Recognizing Tradeoffs Between Decarbonization Strategies Is Essential
The scale and pace of infrastructure buildout and demands on the land in a low‐carbon transition imply competition among social, environmental, and economic priorities. Our scenarios illustrate the kinds of tradeoffs that can be anticipated and their impacts. The use of biomass and of land for renewable siting are indispensable for all net zero pathways, but the amount required can differ by a factor of 2 or more. It needs to be understood that reducing biomass and land for siting implies increasing fossil fuels, nuclear power, and negative emissions. In addition to siting and biomass, increasing the land carbon sink is another element of the competing priorities among climate mitigation, food production, and other land uses (Griscom et al., 2017).
Given the regional character of energy use and resources and the U.S. system of government, many of the tradeoffs faced will need be resolved at the state and local level (Betsill & Rabe, 2009; Williams et al., 2015). Rigid positions on tradeoffs will not be helpful for informed decision‐making as they may lead to over‐constrained problems and policy paralysis; better public participation, analysis, and data are more likely to improve outcomes. Recent work in California, where conflicts between renewables siting, biodiversity conservation, and agriculture have emerged, points to the potential of incorporating geospatial analysis into energy planning to help reconcile competing land uses in large‐scale wind, solar, and transmission buildouts (Wu et al., 2016, 2020).
The Actions Required in the Next 10 Years Are Known With High Confidence
Carbon‐neutral pathways diverge in energy strategy, resource use, and cost primarily after 2035. The highest‐priority near‐term actions are similar across pathways and have clear quantitative benchmarks for policy: renewables build‐out (>500 GW total wind and solar capacity by 2030); coal retirement (<1% of total generation by 2030); maintaining current nuclear and natural gas capacity; and electrification of light‐duty vehicles (EVs > 50% of LDV sales by 2030) and buildings (heat pumps >50% of residential HVAC sales by 2030).
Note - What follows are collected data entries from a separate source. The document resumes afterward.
//! Which packets have a spelling.

ghost use Rattle.std.specs.Prelude.{◌≡◌, None};
ghost use Rattle.std.specs.List.{list_all};
ghost use Rattle.packet_wire.specs.WellFormed.{are_incarnations, are_options, are_siblings, is_body, is_child, is_counted, is_incarnation_of, is_next_serial, is_node, is_node_count, is_option, is_option_count, is_parent, is_parent_count, is_result, is_sibling, is_sibling_count, is_site, is_well_formed};

use crate::kind::Kind;
use crate::packet::{Body, Packet};
use cover_problem::{MOST_ITEMS, MOST_OPTIONS};
use spawn_frame::{Attempt, ChildResult, LAST_NODE, MOST_SIBLINGS, Sibling, Site};

/// Whether it is a node's number, or 0 for the registry.
pub(crate) fn is_node(node: u8) -> bool
    ensures { result ≡ is_node node }
{
    node <= LAST_NODE
}

/// Whether it is an incarnation of a node, or an attempt.
pub(crate) fn is_counted(number: u32) -> bool
    ensures { result ≡ is_counted number }
{
    0 < number
}

/// Whether it is an incarnation of that node.
pub(crate) fn is_incarnation_of(node: u8, number: u32) -> bool
    ensures { result ≡ is_incarnation_of node number }
{
    is_counted(number) && (node != 0 || number == 1)
}

/// Whether it is a site.
fn is_site(site: Site) -> bool
    ensures { result ≡ is_site site }
{
    is_node(site.node) && is_incarnation_of(site.node, site.incarnation)
}

/// Whether it is the number of an option.
pub(crate) fn is_option(number: u16) -> bool
    ensures { result ≡ is_option number }
{
    // (the bound of all problems: bytes are read without one; a node tests a prefix, the registry a cover)
    usize::from(number) < MOST_OPTIONS
}

/// Whether a list of at least so many options may have this length: no prefix has more options than there are items.
pub(crate) fn is_option_count(least: usize, count: usize) -> bool
    ensures { result ≡ is_option_count least count }
{
    least <= count && count <= MOST_ITEMS
}

/// Whether each is the number of an option.
fn all_are_options(options: &[u16]) -> bool
    ensures { result ≡ list_all is_option options.now }
{
    options.iter().all(|option| is_option(*option))
}

/// Whether it is a list of at least so many options.
fn are_options(least: usize, options: &[u16]) -> bool
    ensures { result ≡ are_options least options.now }
{
    is_option_count(least, options.len()) && all_are_options(options)
}

/// Whether there may be so many incarnations.
pub(crate) fn is_node_count(count: usize) -> bool
    ensures { result ≡ is_node_count count }
{
    0 < count && count <= LAST_NODE as usize
}

/// Whether each is at least 1.
fn all_are_counted(numbers: &[u32]) -> bool
    ensures { result ≡ list_all is_counted numbers.now }
{
    numbers.iter().all(|number| is_counted(*number))
}

/// Whether they are the incarnations of the nodes from 1 on.
fn are_incarnations(incarnations: &[u32]) -> bool
    ensures { result ≡ are_incarnations incarnations.now }
{
    is_node_count(incarnations.len()) && all_are_counted(incarnations)
}

/// Whether it is a child at an attempt.
fn is_child(serial: u32, attempt: Attempt) -> bool
    ensures { result ≡ is_child serial attempt }
{
    // (any serial may be, since only the owner knows which ones it has named)
    is_counted(attempt)
}

/// Whether it is a result: a cover names an option.
fn is_result(told: &ChildResult) -> bool
    ensures { result ≡ is_result told.now }
{
    match told {
        ChildResult::Empty => true,
        // (every problem has a primary item, so a cover has an option)
        ChildResult::Cover(options) => are_options(1, options.as_slice()),
    }
}

/// Whether the prefix of a parent may have this length: a child has one option more.
pub(crate) fn is_parent_count(count: usize) -> bool
    ensures { result ≡ is_parent_count count }
{
    count < MOST_ITEMS
}

/// Whether it is the prefix of a parent.
fn is_parent(prefix: &[u16]) -> bool
    ensures { result ≡ is_parent prefix.now }
{
    is_parent_count(prefix.len()) && all_are_options(prefix)
}

/// Whether so many children may be given together.
pub(crate) fn is_sibling_count(count: usize) -> bool
    ensures { result ≡ is_sibling_count count }
{
    1 < count && count <= MOST_SIBLINGS
}

/// Whether the serial is above the last one, if there was one.
pub(crate) fn is_next_serial(last: Option<u32>, serial: u32) -> bool
    ensures { result ≡ is_next_serial last serial }
{
    match last {
        Some(last) => last < serial,
        None => true,
    }
}

/// Whether it is a child of a parent, behind the last one if there was one.
fn is_sibling(last: Option<u32>, sibling: Sibling) -> bool
    ensures { result ≡ is_sibling last sibling }
{
    is_next_serial(last, sibling.serial) && is_counted(sibling.attempt) && is_option(sibling.option)
}

/// Whether they are children of one parent, whose serials rise.
fn are_siblings(siblings: &[Sibling]) -> bool
    ensures { result ≡ are_siblings None siblings.now }
{
    let mut last = None;
    for sibling in siblings {
        if !is_sibling(last, *sibling) {
            return false;
        }
        last = Some(sibling.serial);
    }
    true
}

/// Whether each field of the body is allowed.
fn is_body(body: &Body) -> bool
    ensures { result ≡ is_body body.now }
{
    match body {
        Body::Hello | Body::Steal | Body::NoWork | Body::Over => true,
        Body::Members(incarnations) => are_incarnations(incarnations.as_slice()),
        Body::Give {
            serial,
            attempt,
            prefix,
        } => is_child(*serial, *attempt) && are_options(0, prefix.as_slice()),
        Body::GiveMany { prefix, siblings } => {
            is_sibling_count(siblings.as_slice().len())
                && is_parent(prefix.as_slice())
                && are_siblings(siblings.as_slice())
        }
        Body::Return {
            serial,
            attempt,
            result,
        }
        | Body::Accept {
            serial,
            attempt,
            result,
        } => is_child(*serial, *attempt) && is_result(result),
        Body::Refuse {
            serial,
            attempt,
            ..
        }
        | Body::Abort { serial, attempt } => is_child(*serial, *attempt),
    }
}

/// Whether the packet has a spelling.
///
/// Its sites are two of the registry and the nodes 1 to 16, with incarnations from 1 on and exactly 1 for the registry,
/// and go with the kind: a Hello is for the registry, a Members or Over from it, a Steal or Return from a node, and
/// each other packet for a node. Attempts and incarnations are at least 1; a Members has 1 to 16 of them. Lists have at
/// most 1,000 numbers of options, each at most 19,999, and a cover at least one. A GiveMany goes from a node to a node;
/// it has 2 to 8 children, whose serials rise, and the prefix of their parent has at most 999 options.
///
/// What a core puts out is so by its contract, so only tests and tools ask.
pub fn is_well_formed(packet: &Packet) -> bool
    ensures { result ≡ is_well_formed packet.now }
{
    is_site(packet.from)
        && is_site(packet.to)
        && Kind::of(&packet.body).is_routed(packet.from, packet.to)
        && is_body(&packet.body)
}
Longer‐term uncertainties are related mainly to fuels and CCUS, areas in which technical potential, costs, and environmental impacts at large scale need to be better known before specific strategies are adopted. There is time for society to explore different approaches to these questions and learn from the results before solutions are needed in bulk in the 2030s, but the solutions will only be ready if the preparatory work—R&D, demonstrations, early commercial subsidies—is begun now. In other words, taking decisive near‐term action in the areas that are well understood, combined with laying the necessary groundwork in the areas of uncertainty, puts the United States on a carbon‐neutral pathway right away while allowing the most difficult decisions and tradeoffs to be made with better information in the future.